Collected data
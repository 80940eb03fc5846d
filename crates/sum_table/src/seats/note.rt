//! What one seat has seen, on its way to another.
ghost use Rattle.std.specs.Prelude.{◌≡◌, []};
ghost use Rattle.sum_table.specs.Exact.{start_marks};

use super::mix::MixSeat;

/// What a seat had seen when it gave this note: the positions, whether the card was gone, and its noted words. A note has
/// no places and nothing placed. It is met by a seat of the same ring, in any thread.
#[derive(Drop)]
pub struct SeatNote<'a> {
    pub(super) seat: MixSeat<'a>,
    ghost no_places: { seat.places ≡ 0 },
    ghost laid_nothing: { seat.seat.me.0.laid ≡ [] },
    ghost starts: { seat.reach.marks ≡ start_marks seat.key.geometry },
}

_WORK TO BE COMPLETED_
Above are the records; restate each one exactly.

_OUTPUT BELOW_
repository 80940eb03fc5846d
filename crates/sum_table/src/seats/note.rt
//! What one seat has seen, on its way to another.
ghost use Rattle.std.specs.Prelude.{◌≡◌, []};
ghost use Rattle.sum_table.specs.Exact.{start_marks};

use super::mix::MixSeat;

/// What a seat had seen when it gave this note: the positions, whether the card was gone, and its noted words. A note has
/// no places and nothing placed. It is met by a seat of the same ring, in any thread.
#[derive(Drop)]
pub struct SeatNote<'a> {
    pub(super) seat: MixSeat<'a>,
    ghost no_places: { seat.places ≡ 0 },
    ghost laid_nothing: { seat.seat.me.0.laid ≡ [] },
    ghost starts: { seat.reach.marks ≡ start_marks seat.key.geometry },
}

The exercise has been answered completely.